Exercise aim: The whole answer is the data below, retyped exactly.

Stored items
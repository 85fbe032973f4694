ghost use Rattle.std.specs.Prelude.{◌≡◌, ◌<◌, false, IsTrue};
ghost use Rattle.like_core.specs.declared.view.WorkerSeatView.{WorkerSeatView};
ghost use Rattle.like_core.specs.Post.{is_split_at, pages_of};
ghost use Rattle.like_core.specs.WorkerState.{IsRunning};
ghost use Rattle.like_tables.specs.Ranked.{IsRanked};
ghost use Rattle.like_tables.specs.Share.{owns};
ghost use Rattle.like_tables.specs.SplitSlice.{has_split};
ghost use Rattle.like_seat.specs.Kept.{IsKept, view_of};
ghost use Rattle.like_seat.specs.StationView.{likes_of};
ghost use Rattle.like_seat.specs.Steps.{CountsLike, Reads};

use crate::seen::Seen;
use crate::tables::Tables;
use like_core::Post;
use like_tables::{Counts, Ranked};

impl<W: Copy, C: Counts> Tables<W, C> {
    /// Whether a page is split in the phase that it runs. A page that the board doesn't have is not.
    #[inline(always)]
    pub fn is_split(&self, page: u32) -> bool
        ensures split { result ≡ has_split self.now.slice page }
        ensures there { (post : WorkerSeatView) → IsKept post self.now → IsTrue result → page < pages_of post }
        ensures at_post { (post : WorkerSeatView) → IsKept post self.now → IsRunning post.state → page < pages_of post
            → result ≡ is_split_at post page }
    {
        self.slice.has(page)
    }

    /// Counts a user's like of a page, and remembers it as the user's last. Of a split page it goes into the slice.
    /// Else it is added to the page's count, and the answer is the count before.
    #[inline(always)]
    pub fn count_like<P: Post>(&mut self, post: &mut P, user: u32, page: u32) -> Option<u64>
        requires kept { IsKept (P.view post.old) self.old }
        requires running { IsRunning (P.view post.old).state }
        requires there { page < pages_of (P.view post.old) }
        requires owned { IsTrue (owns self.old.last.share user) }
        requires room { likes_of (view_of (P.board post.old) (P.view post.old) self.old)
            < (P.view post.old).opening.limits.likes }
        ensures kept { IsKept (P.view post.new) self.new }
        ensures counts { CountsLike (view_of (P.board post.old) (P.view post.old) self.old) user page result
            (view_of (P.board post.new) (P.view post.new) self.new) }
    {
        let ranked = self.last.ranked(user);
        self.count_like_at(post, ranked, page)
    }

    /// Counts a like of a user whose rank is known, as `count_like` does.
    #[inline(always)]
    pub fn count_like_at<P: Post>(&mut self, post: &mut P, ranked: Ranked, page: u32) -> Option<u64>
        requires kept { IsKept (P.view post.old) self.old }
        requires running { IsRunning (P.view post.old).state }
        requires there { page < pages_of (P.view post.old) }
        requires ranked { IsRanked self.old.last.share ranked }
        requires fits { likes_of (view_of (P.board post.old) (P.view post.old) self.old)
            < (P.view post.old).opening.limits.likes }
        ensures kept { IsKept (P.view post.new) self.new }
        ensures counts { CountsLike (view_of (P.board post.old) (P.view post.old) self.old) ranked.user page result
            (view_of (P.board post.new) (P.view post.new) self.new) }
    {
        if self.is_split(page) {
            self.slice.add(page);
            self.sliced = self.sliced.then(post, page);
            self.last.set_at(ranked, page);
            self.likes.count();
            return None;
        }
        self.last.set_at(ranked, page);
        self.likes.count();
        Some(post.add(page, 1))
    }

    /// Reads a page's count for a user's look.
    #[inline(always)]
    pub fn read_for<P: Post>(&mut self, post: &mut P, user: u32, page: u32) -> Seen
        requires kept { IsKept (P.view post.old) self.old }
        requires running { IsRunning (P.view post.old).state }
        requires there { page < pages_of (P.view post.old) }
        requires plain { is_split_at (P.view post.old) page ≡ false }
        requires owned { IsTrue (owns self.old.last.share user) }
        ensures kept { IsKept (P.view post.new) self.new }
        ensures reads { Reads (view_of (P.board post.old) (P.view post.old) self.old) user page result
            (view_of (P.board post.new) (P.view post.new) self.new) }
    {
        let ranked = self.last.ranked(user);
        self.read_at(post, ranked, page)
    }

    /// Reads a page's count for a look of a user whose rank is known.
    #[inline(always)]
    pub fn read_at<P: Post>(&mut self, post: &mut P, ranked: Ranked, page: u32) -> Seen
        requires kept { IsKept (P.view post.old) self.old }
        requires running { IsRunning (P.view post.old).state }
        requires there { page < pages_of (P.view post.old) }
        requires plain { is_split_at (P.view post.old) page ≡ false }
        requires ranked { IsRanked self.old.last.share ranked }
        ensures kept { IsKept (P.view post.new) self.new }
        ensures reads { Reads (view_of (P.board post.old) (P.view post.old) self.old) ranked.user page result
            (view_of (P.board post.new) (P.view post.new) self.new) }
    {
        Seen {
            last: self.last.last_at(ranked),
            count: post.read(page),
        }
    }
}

Answer to this problem:
repository 85fbe032973f4694
ghost use Rattle.std.specs.Prelude.{◌≡◌, ◌<◌, false, IsTrue};
ghost use Rattle.like_core.specs.declared.view.WorkerSeatView.{WorkerSeatView};
ghost use Rattle.like_core.specs.Post.{is_split_at, pages_of};
ghost use Rattle.like_core.specs.WorkerState.{IsRunning};
ghost use Rattle.like_tables.specs.Ranked.{IsRanked};
ghost use Rattle.like_tables.specs.Share.{owns};
ghost use Rattle.like_tables.specs.SplitSlice.{has_split};
ghost use Rattle.like_seat.specs.Kept.{IsKept, view_of};
ghost use Rattle.like_seat.specs.StationView.{likes_of};
ghost use Rattle.like_seat.specs.Steps.{CountsLike, Reads};

use crate::seen::Seen;
use crate::tables::Tables;
use like_core::Post;
use like_tables::{Counts, Ranked};

impl<W: Copy, C: Counts> Tables<W, C> {
    /// Whether a page is split in the phase that it runs. A page that the board doesn't have is not.
    #[inline(always)]
    pub fn is_split(&self, page: u32) -> bool
        ensures split { result ≡ has_split self.now.slice page }
        ensures there { (post : WorkerSeatView) → IsKept post self.now → IsTrue result → page < pages_of post }
        ensures at_post { (post : WorkerSeatView) → IsKept post self.now → IsRunning post.state → page < pages_of post
            → result ≡ is_split_at post page }
    {
        self.slice.has(page)
    }

    /// Counts a user's like of a page, and remembers it as the user's last. Of a split page it goes into the slice.
    /// Else it is added to the page's count, and the answer is the count before.
    #[inline(always)]
    pub fn count_like<P: Post>(&mut self, post: &mut P, user: u32, page: u32) -> Option<u64>
        requires kept { IsKept (P.view post.old) self.old }
        requires running { IsRunning (P.view post.old).state }
        requires there { page < pages_of (P.view post.old) }
        requires owned { IsTrue (owns self.old.last.share user) }
        requires room { likes_of (view_of (P.board post.old) (P.view post.old) self.old)
            < (P.view post.old).opening.limits.likes }
        ensures kept { IsKept (P.view post.new) self.new }
        ensures counts { CountsLike (view_of (P.board post.old) (P.view post.old) self.old) user page result
            (view_of (P.board post.new) (P.view post.new) self.new) }
    {
        let ranked = self.last.ranked(user);
        self.count_like_at(post, ranked, page)
    }

    /// Counts a like of a user whose rank is known, as `count_like` does.
    #[inline(always)]
    pub fn count_like_at<P: Post>(&mut self, post: &mut P, ranked: Ranked, page: u32) -> Option<u64>
        requires kept { IsKept (P.view post.old) self.old }
        requires running { IsRunning (P.view post.old).state }
        requires there { page < pages_of (P.view post.old) }
        requires ranked { IsRanked self.old.last.share ranked }
        requires fits { likes_of (view_of (P.board post.old) (P.view post.old) self.old)
            < (P.view post.old).opening.limits.likes }
        ensures kept { IsKept (P.view post.new) self.new }
        ensures counts { CountsLike (view_of (P.board post.old) (P.view post.old) self.old) ranked.user page result
            (view_of (P.board post.new) (P.view post.new) self.new) }
    {
        if self.is_split(page) {
            self.slice.add(page);
            self.sliced = self.sliced.then(post, page);
            self.last.set_at(ranked, page);
            self.likes.count();
            return None;
        }
        self.last.set_at(ranked, page);
        self.likes.count();
        Some(post.add(page, 1))
    }

    /// Reads a page's count for a user's look.
    #[inline(always)]
    pub fn read_for<P: Post>(&mut self, post: &mut P, user: u32, page: u32) -> Seen
        requires kept { IsKept (P.view post.old) self.old }
        requires running { IsRunning (P.view post.old).state }
        requires there { page < pages_of (P.view post.old) }
        requires plain { is_split_at (P.view post.old) page ≡ false }
        requires owned { IsTrue (owns self.old.last.share user) }
        ensures kept { IsKept (P.view post.new) self.new }
        ensures reads { Reads (view_of (P.board post.old) (P.view post.old) self.old) user page result
            (view_of (P.board post.new) (P.view post.new) self.new) }
    {
        let ranked = self.last.ranked(user);
        self.read_at(post, ranked, page)
    }

    /// Reads a page's count for a look of a user whose rank is known.
    #[inline(always)]
    pub fn read_at<P: Post>(&mut self, post: &mut P, ranked: Ranked, page: u32) -> Seen
        requires kept { IsKept (P.view post.old) self.old }
        requires running { IsRunning (P.view post.old).state }
        requires there { page < pages_of (P.view post.old) }
        requires plain { is_split_at (P.view post.old) page ≡ false }
        requires ranked { IsRanked self.old.last.share ranked }
        ensures kept { IsKept (P.view post.new) self.new }
        ensures reads { Reads (view_of (P.board post.old) (P.view post.old) self.old) ranked.user page result
            (view_of (P.board post.new) (P.view post.new) self.new) }
    {
        Seen {
            last: self.last.last_at(ranked),
            count: post.read(page),
        }
    }
}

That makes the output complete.